Нашей группе обещали, что мы пойдем на аудиенцию к Папе Римскому, но, видимо, что-то не сложилось. И тогда мы с Лялей решили пойти сами в храм Петра и Павла – нам сказали, что как раз завтра Иоанн-Павел Второй будет читать там молитву для всех желающих. Когда мы пришли туда, там уже стояла огромная толпа, но особого ажиотажа не было, и мы как-то без усилий протолкались в первые ряды. И вот вышел Папа со своей свитой, он был отделен от людей только тоненьким барьерчиком. Сразу за первым рядом людей стояли стулья, и все начали на них вставать, чтобы получше разглядеть Папу – и я тоже. Когда он поровнялся со мной, я его первым делом сфотографировала (у меня в то время был только плохонький «Поляроид», к сожалению), а потом возьми и ляпни: «Святой отец, я русская, благословите меня!» И тут Иоанн-Павел остановился, как вкопанный, – я уверена, что всякий другой человек ТАКОГО УРОВНЯ прошел бы, не услыхав и не заметив.
Он стал мне что-то говорить, а потом протянул руку. Но дело в том, что я же стояла на стульях, на двух стульях, которые могли предательски подо мной разъехаться, а спрыгнуть мне было некуда – меня окружала плотная толпа. И к тому же, я прямо-таки возвышалась над Папой, он протягивал мне руку СНИЗУ, а это было страшно неприлично с моей стороны, но что я могла поделать??? От растерянности я ничего не поняла, что он мне говорил, я, как собака, слышала только очень добрую интонацию, а сама мечтала только о том, чтобы это быстрей закончилось – ведь я могла грохнуться на людей в любую секунду!.. Но Папа стоял около меня, наверное, минут пять, которые мне показались вечностью, и долго-долго жал мне руку… Наконец, пытка кончилась, он ушел. Я была потрясена.
(С тех пор Ляля, как только показывали по телевизору Папу, кричала: «Иди скорей, там твоего Папочку показывают!» Но самое интересное, что, когда мы уезжали из Италии, ночью перед пересечением границы мне приснился сон: рядом со мной стоит Гитлер и пытается схватить меня за руку, я кричу: «Отойди, изверг проклятый!», но он не уходит и все цепляется за меня… Это, конечно, полная чушь, но как мне было жалко бедного Папочку, когда он умирал!!! Я знаю, что он был НАСТОЯЩИМ ЧЕЛОВЕКОМ, каких на этой Земле очень-очень мало…)
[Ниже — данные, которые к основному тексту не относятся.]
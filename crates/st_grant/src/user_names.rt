//! The names of users, each once.
ghost use Rattle.std.specs.Prelude.{◌≡◌, map, filter, if◌then◌else◌, IfOk, OnOk};
ghost use Rattle.st_text.specs.Texts.{set_of};
ghost use Rattle.st_grant.specs.Grants.{same_scope};
ghost use Rattle.st_sorted.specs.Sorted.{Rises, name_key};
ghost use Rattle.st_grant.specs.inner.Names.{with_name};

use crate::grant::{Grant, Scope};
use crate::name::Name;
use crate::named::Named;
use st_sorted::{has, place_of};
use st_text::Items;
use std::alloc::{AllocError, Allocator};

// Puts in a name, unless it is there.
fn put<A: Allocator>(names: &mut Vec<Name, A>, name: Name) -> Result<(), AllocError>
    requires { Rises name_key names.old.items }
    ensures ok { OnOk result (names.new.items ≡ with_name name names.old.items) }
{
    let wanted = Named(name.as_str());
    if has(names, &wanted) {
        return Ok(());
    }
    let place = place_of(names, &wanted);
    let Ok(()) = names.insert(place, name) else {
        return Err(AllocError);
    };
    Ok(())
}

// Puts in the user of a grant, if the grant is on this scope.
fn put_granted<A: Allocator>(
    names: &mut Vec<Name, A>,
    grant: &Grant,
    scope: &Scope,
) -> Result<(), AllocError>
    requires { Rises name_key names.old.items }
    ensures ok { OnOk result (names.new.items
        ≡ (if same_scope scope.now grant.now.scope then with_name grant.now.user names.old.items else names.old.items)) }
{
    if scope.is_same(&grant.scope) {
        return put(names, grant.user.copy());
    }
    Ok(())
}

/// The users who have been granted something on the scope itself, by the bytes of their names and
/// each once. `AllocError` when out of memory.
pub fn granted_on<A: Allocator + Copy>(
    alloc: A,
    grants: &[Grant],
    scope: &Scope,
) -> Result<Items<Name, A>, AllocError>
    ensures { IfOk result (λ names. names ≡ set_of (map (λ g. g.user) (filter (λ g. same_scope scope.now g.scope) grants.now))) }
{
    let mut names = Vec::new(alloc);
    for grant in grants {
        put_granted(&mut names, grant, scope)?;
    }
    Ok(Items::from_vec(names))
}
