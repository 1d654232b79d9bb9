//! Grants as keys of the sorted list of grants.
ghost use Rattle.st_grant.specs.Grants.{same_grant};
ghost use Rattle.st_grant.specs.Order.{grant_key};
ghost use Rattle.st_grant.specs.inner.Keys.{grant_exact};

use crate::grant::{Grant, Scope};
use crate::permission::Permission;
use st_sorted::Wanted;
use std::marker::Model;

/// The grant of a permission to a user on a scope, which is searched for.
#[derive(Drop)]
pub struct WantedGrant<'g> {
    pub user: &'g str,
    pub scope: &'g Scope,
    pub permission: Permission,
}

impl<'g> Model for WantedGrant<'g> {
    ghost use Rattle.st_grant.specs.Grants.{grant_of};
    ghost use Rattle.st_grant.specs.declared.grant.Grant.{Grant};

    ghost Value = { Grant };

    ghost view = { λ w. grant_of w.user.now w.scope.now w.permission };
}

impl<'g> Wanted<Grant> for WantedGrant<'g> {
    ghost item_key = { grant_key };

    ghost key = { grant_key };

    ghost test = { same_grant };

    ghost exact = { grant_exact };

    fn is_after(&self, grant: &Grant) -> bool {
        grant.stands_before(self.user, self.scope, self.permission)
    }

    fn is_key_of(&self, grant: &Grant) -> bool {
        grant.gives(self.user, self.scope, self.permission)
    }
}

impl Wanted<Grant> for Grant {
    ghost item_key = { grant_key };

    ghost key = { grant_key };

    ghost test = { same_grant };

    ghost exact = { grant_exact };

    fn is_after(&self, grant: &Grant) -> bool {
        grant.stands_before(self.user.as_str(), &self.scope, self.permission)
    }

    fn is_key_of(&self, grant: &Grant) -> bool {
        grant.gives(self.user.as_str(), &self.scope, self.permission)
    }
}
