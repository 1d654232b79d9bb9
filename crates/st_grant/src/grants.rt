//! The grants.
ghost use Rattle.std.specs.Prelude.{◌≡◌, ◌<◌, ◌≤◌, ◌+◌, [], filter, map, not, length, IfOk, IsOk, OnOk, OnErr};
ghost use Rattle.std.specs.List.{list_any, fold};
ghost use Rattle.std.specs.Vec.{vec_len, vec_capacity};
ghost use Rattle.st_text.specs.Texts.{same, set_of};
ghost use Rattle.st_grant.specs.Grants.{grant_of, same_grant, same_scope, with_all, with_grant};
ghost use Rattle.st_grant.specs.Order.{grant_key};
ghost use Rattle.st_grant.specs.Permissions.{table_permissions};
ghost use Rattle.st_sorted.specs.Sorted.{Rises};
ghost use Rattle.st_grant.specs.declared.grant.Grant as Declared;

use crate::grant::{Grant, Scope};
use crate::name::Name;
use crate::permission::Permission;
use crate::user_names::granted_on;
use crate::wanted_grant::WantedGrant;
use st_sorted::{has, place_of, remove};
use st_text::Items;
use std::alloc::{AllocError, Allocator, Global};
use std::marker::Model;

// The permissions on a table, in listing order.
pub(crate) const TABLE_PERMISSIONS: [Permission; 5] = [
    Permission::Read,
    Permission::Write,
    Permission::AlterTable,
    Permission::Grant,
    Permission::DropTable,
];

/// The grants, sorted by what they are on, by their users and by their permissions.
#[derive(Drop)]
pub struct Grants<A: Allocator = Global> {
    grants: Vec<Grant, A>,
}

impl<A: Allocator> Model for Grants<A> {
    ghost use Rattle.std.specs.Prelude.{List};
    ghost use Rattle.st_grant.specs.Order.{grant_key};
    ghost use Rattle.st_sorted.specs.Sorted.{Rises};
    ghost use Rattle.st_grant.specs.declared.grant.Grant.{Grant};

    ghost Value = { List Grant };

    ghost view = { λ g. g.grants.items };

    ghost invariant = { λ g. Rises grant_key g.grants.items };
}

// Puts in a grant, unless it is held. It succeeds if there is room.
fn put<A: Allocator>(grants: &mut Vec<Grant, A>, grant: Grant) -> Result<(), AllocError>
    requires { Rises grant_key grants.old.items }
    ensures ok { OnOk result (grants.new.items ≡ with_grant grant grants.old.items) }
    ensures err { OnErr result (grants.new.items ≡ grants.old.items) }
    ensures sorted { Rises grant_key grants.new.items }
    ensures room { vec_len grants.old < vec_capacity grants.old → IsOk result }
    ensures len { vec_len grants.new ≤ vec_len grants.old + 1 }
    ensures capacity { vec_capacity grants.old ≤ vec_capacity grants.new }
{
    if has(grants, &grant) {
        return Ok(());
    }
    let place = place_of(grants, &grant);
    let Ok(()) = grants.insert(place, grant) else {
        return Err(AllocError);
    };
    Ok(())
}

// Puts in the grants of these permissions, for which there is room.
fn put_each<A: Allocator>(
    grants: &mut Vec<Grant, A>,
    user: &Name,
    scope: &Scope,
    permissions: &[Permission],
)
    requires sorted { Rises grant_key grants.old.items }
    requires room { vec_len grants.old + length permissions.now ≤ vec_capacity grants.old }
    ensures items { grants.new.items
        ≡ fold (λ held p. with_grant (grant_of user.now scope.now p) held) grants.old.items permissions.now }
    ensures sorted { Rises grant_key grants.new.items }
{
    for permission in permissions {
        let grant = Grant {
            user: user.copy(),
            scope: scope.copy(),
            permission: *permission,
        };
        let Ok(()) = put(grants, grant) else {
            unreachable!()
        };
    }
}

impl<A: Allocator> Grants<A> {
    /// Whether the user has been granted the permission on the scope itself.
    pub fn has(&self, user: &str, scope: &Scope, permission: Permission) -> bool
        ensures { result ≡ list_any (same_grant (grant_of user.now scope.now permission)) self.now }
    {
        let wanted = WantedGrant {
            user,
            scope,
            permission,
        };
        has(&self.grants, &wanted)
    }

    /// Puts in a grant, unless it is held. `AllocError` when out of memory; the grants are then
    /// unchanged.
    pub fn add(&mut self, grant: Grant) -> Result<(), AllocError>
        ensures ok { OnOk result (self.new ≡ with_grant grant self.old) }
        ensures err { OnErr result (self.new ≡ self.old) }
    {
        put(&mut self.grants, grant)
    }

    /// Puts in each table permission for the user on the scope. `AllocError` when out of memory; the
    /// grants are then unchanged.
    pub fn add_all(&mut self, user: &Name, scope: &Scope) -> Result<(), AllocError>
        ensures ok { OnOk result (self.new ≡ with_all user.now scope.now self.old) }
        ensures err { OnErr result (self.new ≡ self.old) }
    {
        self.grants.reserve(TABLE_PERMISSIONS.len())?;
        put_each(&mut self.grants, user, scope, &TABLE_PERMISSIONS);
        Ok(())
    }

    /// Takes out a grant, if it is held.
    pub fn remove(&mut self, user: &str, scope: &Scope, permission: Permission)
        ensures { self.new ≡ filter (λ g. not (same_grant (grant_of user.now scope.now permission) g)) self.old }
    {
        let wanted = WantedGrant {
            user,
            scope,
            permission,
        };
        remove(&mut self.grants, &wanted);
    }

    /// Takes out every grant to the user.
    pub fn remove_user(&mut self, name: &str)
        ensures { self.new ≡ filter (λ g. not (same g.user name.now)) self.old }
    {
        self.grants.retain(|grant| !grant.user.is(name));
    }

    /// Takes out every grant on the scope itself.
    pub fn remove_scope(&mut self, scope: &Scope)
        ensures { self.new ≡ filter (λ g. not (same_scope scope.now g.scope)) self.old }
    {
        self.grants.retain(|grant| !scope.is_same(&grant.scope));
    }
}

impl<A: Allocator + Copy> Grants<A> {
    /// No grants.
    pub fn new(alloc: A) -> Grants<A>
        ensures { result ≡ [] }
    {
        Grants {
            grants: Vec::new(alloc),
        }
    }

    /// The users who have been granted something on the scope itself, by the bytes of their names,
    /// each once. `AllocError` when out of memory.
    pub fn users_on(&self, alloc: A, scope: &Scope) -> Result<Items<Name, A>, AllocError>
        ensures { IfOk result (λ names. names ≡ set_of (map (λ g. g.user) (filter (λ g. same_scope scope.now g.scope) self.now))) }
    {
        granted_on(alloc, &self.grants, scope)
    }

    // Those of these table permissions that the user has been granted on the scope itself.
    fn held_of(
        &self,
        alloc: A,
        user: &Name,
        scope: &Scope,
        all: &[Permission; 5],
    ) -> Result<Items<Permission, A>, AllocError>
        ensures { IfOk result (λ list. list ≡ filter (λ p. list_any (same_grant (grant_of user.now scope.now p)) self.now) all.now) }
    {
        let mut list = Items::new(alloc);
        for permission in all {
            if self.has(user.as_str(), scope, *permission) {
                list.push(*permission)?;
            }
        }
        Ok(list)
    }

    /// The table permissions that the user has been granted on the scope itself, in listing order.
    /// `AllocError` when out of memory.
    pub fn held_on(
        &self,
        alloc: A,
        user: &Name,
        scope: &Scope,
    ) -> Result<Items<Permission, A>, AllocError>
        ensures { IfOk result (λ list. list
            ≡ filter (λ p. list_any (same_grant (grant_of user.now scope.now p)) self.now) table_permissions) }
    {
        self.held_of(alloc, user, scope, &TABLE_PERMISSIONS)
    }

    /// Equal grants. `AllocError` when out of memory.
    pub fn copy(&self, alloc: A) -> Result<Grants<A>, AllocError>
        ensures { IfOk result (λ grants. grants ≡ self.now) }
    {
        Ok(Grants {
            grants: copies(alloc, &self.grants)?,
        })
    }
}

// Equal grants, in order. `AllocError` when out of memory.
fn copies<A: Allocator + Copy>(alloc: A, grants: &[Grant]) -> Result<Vec<Grant, A>, AllocError>
    ensures { IfOk result (λ copies. copies.items ≡ grants.now) }
{
    let mut copies = Vec::new(alloc);
    for grant in grants {
        copies.push(grant.copy())?;
    }
    Ok(copies)
}
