//! Permissions on tables.
ghost use Rattle.std.specs.Prelude.{◌≡◌, find, option_map};
ghost use Rattle.st_text.specs.Texts.{same};
ghost use Rattle.st_grant.specs.Permissions.{permission_name, table_permission, table_permission_named};

use crate::permission::Permission;

/// What a user may be granted on a table, or on a namespace for each of its tables.
#[derive(Clone, Copy, PartialEq, Eq, Debug)]
pub enum TablePermission {
    Read,
    Write,
    AlterTable,
    Grant,
    DropTable,
}

// The permissions on tables, in listing order.
const TABLE_PERMISSIONS: [TablePermission; 5] = [
    TablePermission::Read,
    TablePermission::Write,
    TablePermission::AlterTable,
    TablePermission::Grant,
    TablePermission::DropTable,
];

// The permission of the list that has this name.
fn named<'a>(listed: &'a [TablePermission], text: &str) -> Option<&'a TablePermission>
    ensures { option_map (λ p. p.now) result ≡ find (λ p. same (permission_name (table_permission p)) text.now) listed.now }
{
    listed.iter().find(|p| p.permission().name() == text)
}

impl TablePermission {
    /// The permission that it is.
    pub fn permission(self) -> Permission
        ensures { result ≡ table_permission self }
    {
        match self {
            TablePermission::Read => Permission::Read,
            TablePermission::Write => Permission::Write,
            TablePermission::AlterTable => Permission::AlterTable,
            TablePermission::Grant => Permission::Grant,
            TablePermission::DropTable => Permission::DropTable,
        }
    }

    /// The permission on tables of this name, if there is one.
    pub fn named(text: &str) -> Option<TablePermission>
        ensures { result ≡ table_permission_named text.now }
    {
        named(&TABLE_PERMISSIONS, text).copied()
    }
}
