//! What users have been granted.
ghost use Rattle.std.specs.Prelude.{◌≡◌, ◌∷◌, []};
ghost use Rattle.std.specs.Cmp.Lexicographic.{slice_cmp};
ghost use Rattle.std.specs.Ordering.{nat_cmp};
ghost use Rattle.st_text.specs.Texts.{comes_before};
ghost use Rattle.st_grant.specs.Order.{grant_key, scope_kind, scope_name};

use crate::name::Name;
use crate::permission::Permission;
use crate::table_name::TableName;
use std::cmp::Ordering;

/// What a table permission is granted on: one table, or each table of a namespace.
#[derive(Drop)]
pub enum Scope {
    OnTable(TableName),
    OnNamespace(Name),
}

impl Scope {
    ghost use Rattle.st_grant.specs.Grants.{same_scope};

    // An equal scope.
    pub(crate) fn copy(&self) -> Scope
        ensures { result ≡ self.now }
    {
        match self {
            Scope::OnTable(name) => Scope::OnTable(name.copy()),
            Scope::OnNamespace(name) => Scope::OnNamespace(name.copy()),
        }
    }

    // Compares it with another: tables before namespaces, then by the bytes of their names.
    pub(crate) fn compare(&self, other: &Scope) -> Ordering
        ensures { result
            ≡ slice_cmp (slice_cmp nat_cmp) (scope_kind self.now ∷ scope_name self.now ∷ [])
            (scope_kind other.now ∷ scope_name other.now ∷ []) }
    {
        match (self, other) {
            (Scope::OnTable(name), Scope::OnTable(other)) => name.as_str().cmp(other.as_str()),
            (Scope::OnTable(_), Scope::OnNamespace(_)) => Ordering::Less,
            (Scope::OnNamespace(_), Scope::OnTable(_)) => Ordering::Greater,
            (Scope::OnNamespace(name), Scope::OnNamespace(other)) => {
                name.as_str().cmp(other.as_str())
            }
        }
    }

    /// Whether it is the same scope.
    pub fn is_same(&self, other: &Scope) -> bool
        ensures { result ≡ same_scope self.now other.now }
    {
        match (self, other) {
            (Scope::OnTable(name), Scope::OnTable(other)) => name.is(other.as_str()),
            (Scope::OnNamespace(name), Scope::OnNamespace(other)) => name.is(other.as_str()),
            _ => false,
        }
    }
}

/// A table permission that a user has been granted.
#[derive(Drop)]
pub struct Grant {
    pub user: Name,
    pub scope: Scope,
    pub permission: Permission,
}

impl Grant {
    ghost use Rattle.st_grant.specs.Grants.{grant_of, same_grant};

    // An equal grant.
    pub(crate) fn copy(&self) -> Grant
        ensures { result ≡ self.now }
    {
        Grant {
            user: self.user.copy(),
            scope: self.scope.copy(),
            permission: self.permission,
        }
    }

    /// Whether it gives the user this permission on this scope.
    pub fn gives(&self, user: &str, scope: &Scope, permission: Permission) -> bool
        ensures { result ≡ same_grant (grant_of user.now scope.now permission) self.now }
    {
        user == self.user.as_str()
            && scope.is_same(&self.scope)
            && permission.is_same(self.permission)
    }

    // Whether it is sorted before the grant of this permission to this user on this scope.
    pub(crate) fn stands_before(&self, user: &str, scope: &Scope, permission: Permission) -> bool
        ensures { result ≡ comes_before (grant_key self.now) (grant_key (grant_of user.now scope.now permission)) }
    {
        let by_scope = self.scope.compare(scope);
        let by_user = self.user.as_str().cmp(user);
        let by_place = self.permission.place().cmp(&permission.place());
        by_scope.then(by_user).then(by_place).is_lt()
    }
}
Конечно, в этом эпизоде из моей жизни нет ничего особенного – такое могло случиться с каждым. А вот чего не могло случиться с каждым, так это того, чтобы я, девочка из сибирского городка, познакомилась бы с такими людьми, как Анастасия Цветаева, Рудольф Керер, Татьяна Гринденко… Я не хвастаюсь, ведь я не искала этих знакомств специально – я не из тех, кто гоняется за знаменитостями. Все это вышло очень спонтанно, само собой, как будто так и надо было. Впрочем, все эти люди задели мою жизнь как-то не всерьез, по касательной, что ли… Цветаева была очень старенькой, за восемьдесят лет, очень религиозной старушкой, может быть, я бы могла много раз прийти к ней, но она сказала мне: «Пока не окрестишь Женьку, ко мне не приходи!», а я не могла ее обманывать, ведь Женька так и осталась некрещеной. Татьяна Гринденко, как на грех, тоже была прямо-таки религиозной фанатичкой, а мне это в людях чуждо – ведь я этого не понимаю и не разделяю. Она меня интересовала гораздо больше в качестве превосходной скрипачки, и уж на ее концерты я набегалась вдосталь, был период, когда она давала их в год огромное количество раз, и я их почти не пропускала – ни в Москве, ни в Питере. И, если другие музыканты всегда играли что-то такое традиционное и всем известное, то на ее концертах все было по-другому: она вытаскивала из забвения такие произведения, которые не играл никто, или исполняла что-то совсем уж модерновое, а в те годы для этого надо было обладать известным мужеством – власть предержащие не одобряли «модерна», и Шнитке тогда отнюдь еще не был классиком. Я слушала много известных и знаменитых музыкантов, но ничьи выступления мне не запомнились так ярко, как этой красивой молодой женщины (а сейчас она тоже, к сожалению, старушка – вот вам и доказательство несовершенства того Бога, в которого верят все эти толпы жаждущих Истины…)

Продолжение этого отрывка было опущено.